▶ DATASET ENTRIES
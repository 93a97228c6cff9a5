//! Asks an index of prices for the lower median of those below a bound.

use bsi_library::{Answer, AskError, Index, Op, Pred, Query, Total};

/// Finds the lower median of the prices below a bound.
pub(crate) fn find_median(index: &Index, bound: i128) -> Result<Answer, AskError> {
    let total = Total::Median(0);
    let pred = Pred::Compare(0, Op::Lt, bound);
    index.ask(&Query { total, pred })
}
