//! A running system: feeders on threads of their own, a loader, and an analyst who is told what was published.

ghost use Rattle.std.specs.Prelude.{◌≡◌, [], All, IfSome, length};
ghost use Rattle.bsi_library.specs.Table.{no_rows};
ghost use Rattle.bsi_library.specs.LoaderSteps.{IsFeederOf};

use bsi_library::running::{
    Analyst, Closing, Feeder, History, Loader, OpenRefused, System, SystemTag, Told, open,
};
use bsi_library::{Answer, ColumnSpec, Pred, Query, Row, Schema, Total};
use std::alloc::Global;
use std::marker::Brand;
use std::snapshot::Snapshot;
use std::sync::Wait;
use std::thread;
use std::thread::{Promise, PromisedHandle, Threads};

/// The most rows of the index.
const LIMIT: u64 = 1_000;

/// The promise of a thread: its closing is that of the feeder that it was given.
#[derive(Drop)]
struct OfFeeder {
    feeder: Snapshot<Feeder>,
}

impl Promise<Option<Closing>> for OfFeeder {
    ghost kept_by = { λ promise ended.
        IfSome ended (λ c. (c.number ≡ promise.feeder.value.number) × (c.channel ≡ promise.feeder.value.channel)) };
}

/// A feeder's thread.
type Sender = PromisedHandle<Option<Closing>, OfFeeder>;

/// Sends four rows, and closes the feeder.
fn feed(alloc: Global, feeder: Feeder) -> Option<Closing>
    ensures { IfSome result (λ c. (c.number ≡ feeder.number) × (c.channel ≡ feeder.channel)) }
{
    let mut feeder = feeder;
    'rows: for quantity in 1..5u32 {
        let row = Row::new(vec![in alloc; Some(i128::from(quantity))].ok()?);
        feeder.submit(row).ok()?;
    }
    feeder.close()
}

/// Starts the thread of a feeder.
fn start<R: Threads>(rt: &R, alloc: Global, feeder: Feeder) -> Option<Sender>
    ensures { IfSome result (λ handle. handle.promise.feeder.value ≡ feeder) }
{
    let promise = OfFeeder {
        feeder: Snapshot::of(&feeder),
    };
    thread::spawn_with(rt, promise, move || feed(alloc, feeder)).ok()
}

/// Waits for a feeder's thread, and loads all that it sent.
fn load_all<B: SystemTag, R: Threads>(rt: &R, loader: &mut Loader<B>, sender: Sender) -> Option<()>
    requires { IsFeederOf sender.promise.feeder.value loader.old.system }
    ensures { loader.new.system ≡ loader.old.system }
{
    let closing = sender.join(rt)?;
    let feeder = closing.feeder();
    loader.settle(feeder, closing).ok()?;
    'loads: for _ in 0..4 {
        loader.load(feeder).ok()?;
    }
    Some(())
}

/// Learns what was published, and sums it.
fn sum_published<B: SystemTag>(analyst: Analyst<B>, told: Told<B>) -> Option<Answer> {
    let mut analyst = analyst;
    analyst.learn(told);
    let total = Total::Sum(0);
    let pred = Pred::All;
    analyst.ask(&Query { total, pred }).ok()
}

/// Runs two feeders on threads, loads and publishes what they send, and tells an analyst on a thread.
fn serve<B: SystemTag + Send + Sync + 'static, R: Threads + Wait>(
    rt: &R,
    alloc: Global,
    feeders: Vec<Feeder>,
    analyst: Analyst<B>,
    loader: &mut Loader<B>,
) -> Option<Answer>
    requires { All (λ f. IsFeederOf f loader.old.system) feeders.items }
{
    let mut feeders = feeders;
    let second = start(rt, alloc, feeders.pop()?)?;
    let first = start(rt, alloc, feeders.pop()?)?;
    load_all(rt, loader, first)?;
    load_all(rt, loader, second)?;
    loader.publish(rt).ok()?;
    let told = loader.tell();
    let asking = thread::spawn(rt, move || sum_published(analyst, told)).ok()?;
    asking.join(rt)
}

/// Opens a system with a feeder for each capacity and one analyst, and ends it once all were served.
fn run_in<B: SystemTag + Send + Sync + 'static, R: Threads + Wait>(
    rt: &R,
    alloc: Global,
    history: History,
    schema: Schema,
    capacities: Vec<u32>,
) -> Option<Answer>
    requires history { history ≡ record { book = B.book; list = [] } }
    requires about { B.about ≡ no_rows schema (length capacities.items) LIMIT }
{
    let System {
        feeders,
        mut loader,
        mut analysts,
    } = match open::<B>(alloc, history, schema, capacities, LIMIT, 1) {
        Ok(system) => system,
        Err(OpenRefused::Make(_)) => return None,
        Err(OpenRefused::Readers(loader)) => {
            loader.end(rt);
            return None;
        }
    };
    let answer = match analysts.pop() {
        Some(analyst) => serve(rt, alloc, feeders, analyst, &mut loader),
        None => None,
    };
    loader.end(rt);
    answer
}

/// Runs a system of two feeders, and returns what its analyst was answered.
pub(crate) fn run<R: Threads + Wait>(rt: &R, alloc: Global) -> Option<Answer> {
    let mut schema = Schema::new(alloc);
    schema.add("qty", ColumnSpec::Slices(7)).ok()?;
    let capacities = vec![in alloc; 4, 4].ok()?;
    run_in::<Brand, R>(rt, alloc, History::new(), schema, capacities)
}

▶ TO DO
Repeat each entry exactly, so that nothing in the listing is lost.

▶ TASK RESPONSE
repository 93a97228c6cff9a5
//! Asks an index of prices for the lower median of those below a bound.

use bsi_library::{Answer, AskError, Index, Op, Pred, Query, Total};

/// Finds the lower median of the prices below a bound.
pub(crate) fn find_median(index: &Index, bound: i128) -> Result<Answer, AskError> {
    let total = Total::Median(0);
    let pred = Pred::Compare(0, Op::Lt, bound);
    index.ask(&Query { total, pred })
}
//! A running system: feeders on threads of their own, a loader, and an analyst who is told what was published.

ghost use Rattle.std.specs.Prelude.{◌≡◌, [], All, IfSome, length};
ghost use Rattle.bsi_library.specs.Table.{no_rows};
ghost use Rattle.bsi_library.specs.LoaderSteps.{IsFeederOf};

use bsi_library::running::{
    Analyst, Closing, Feeder, History, Loader, OpenRefused, System, SystemTag, Told, open,
};
use bsi_library::{Answer, ColumnSpec, Pred, Query, Row, Schema, Total};
use std::alloc::Global;
use std::marker::Brand;
use std::snapshot::Snapshot;
use std::sync::Wait;
use std::thread;
use std::thread::{Promise, PromisedHandle, Threads};

/// The most rows of the index.
const LIMIT: u64 = 1_000;

/// The promise of a thread: its closing is that of the feeder that it was given.
#[derive(Drop)]
struct OfFeeder {
    feeder: Snapshot<Feeder>,
}

impl Promise<Option<Closing>> for OfFeeder {
    ghost kept_by = { λ promise ended.
        IfSome ended (λ c. (c.number ≡ promise.feeder.value.number) × (c.channel ≡ promise.feeder.value.channel)) };
}

/// A feeder's thread.
type Sender = PromisedHandle<Option<Closing>, OfFeeder>;

/// Sends four rows, and closes the feeder.
fn feed(alloc: Global, feeder: Feeder) -> Option<Closing>
    ensures { IfSome result (λ c. (c.number ≡ feeder.number) × (c.channel ≡ feeder.channel)) }
{
    let mut feeder = feeder;
    'rows: for quantity in 1..5u32 {
        let row = Row::new(vec![in alloc; Some(i128::from(quantity))].ok()?);
        feeder.submit(row).ok()?;
    }
    feeder.close()
}

/// Starts the thread of a feeder.
fn start<R: Threads>(rt: &R, alloc: Global, feeder: Feeder) -> Option<Sender>
    ensures { IfSome result (λ handle. handle.promise.feeder.value ≡ feeder) }
{
    let promise = OfFeeder {
        feeder: Snapshot::of(&feeder),
    };
    thread::spawn_with(rt, promise, move || feed(alloc, feeder)).ok()
}

/// Waits for a feeder's thread, and loads all that it sent.
fn load_all<B: SystemTag, R: Threads>(rt: &R, loader: &mut Loader<B>, sender: Sender) -> Option<()>
    requires { IsFeederOf sender.promise.feeder.value loader.old.system }
    ensures { loader.new.system ≡ loader.old.system }
{
    let closing = sender.join(rt)?;
    let feeder = closing.feeder();
    loader.settle(feeder, closing).ok()?;
    'loads: for _ in 0..4 {
        loader.load(feeder).ok()?;
    }
    Some(())
}

/// Learns what was published, and sums it.
fn sum_published<B: SystemTag>(analyst: Analyst<B>, told: Told<B>) -> Option<Answer> {
    let mut analyst = analyst;
    analyst.learn(told);
    let total = Total::Sum(0);
    let pred = Pred::All;
    analyst.ask(&Query { total, pred }).ok()
}

/// Runs two feeders on threads, loads and publishes what they send, and tells an analyst on a thread.
fn serve<B: SystemTag + Send + Sync + 'static, R: Threads + Wait>(
    rt: &R,
    alloc: Global,
    feeders: Vec<Feeder>,
    analyst: Analyst<B>,
    loader: &mut Loader<B>,
) -> Option<Answer>
    requires { All (λ f. IsFeederOf f loader.old.system) feeders.items }
{
    let mut feeders = feeders;
    let second = start(rt, alloc, feeders.pop()?)?;
    let first = start(rt, alloc, feeders.pop()?)?;
    load_all(rt, loader, first)?;
    load_all(rt, loader, second)?;
    loader.publish(rt).ok()?;
    let told = loader.tell();
    let asking = thread::spawn(rt, move || sum_published(analyst, told)).ok()?;
    asking.join(rt)
}

/// Opens a system with a feeder for each capacity and one analyst, and ends it once all were served.
fn run_in<B: SystemTag + Send + Sync + 'static, R: Threads + Wait>(
    rt: &R,
    alloc: Global,
    history: History,
    schema: Schema,
    capacities: Vec<u32>,
) -> Option<Answer>
    requires history { history ≡ record { book = B.book; list = [] } }
    requires about { B.about ≡ no_rows schema (length capacities.items) LIMIT }
{
    let System {
        feeders,
        mut loader,
        mut analysts,
    } = match open::<B>(alloc, history, schema, capacities, LIMIT, 1) {
        Ok(system) => system,
        Err(OpenRefused::Make(_)) => return None,
        Err(OpenRefused::Readers(loader)) => {
            loader.end(rt);
            return None;
        }
    };
    let answer = match analysts.pop() {
        Some(analyst) => serve(rt, alloc, feeders, analyst, &mut loader),
        None => None,
    };
    loader.end(rt);
    answer
}

/// Runs a system of two feeders, and returns what its analyst was answered.
pub(crate) fn run<R: Threads + Wait>(rt: &R, alloc: Global) -> Option<Answer> {
    let mut schema = Schema::new(alloc);
    schema.add("qty", ColumnSpec::Slices(7)).ok()?;
    let capacities = vec![in alloc; 4, 4].ok()?;
    run_in::<Brand, R>(rt, alloc, History::new(), schema, capacities)
}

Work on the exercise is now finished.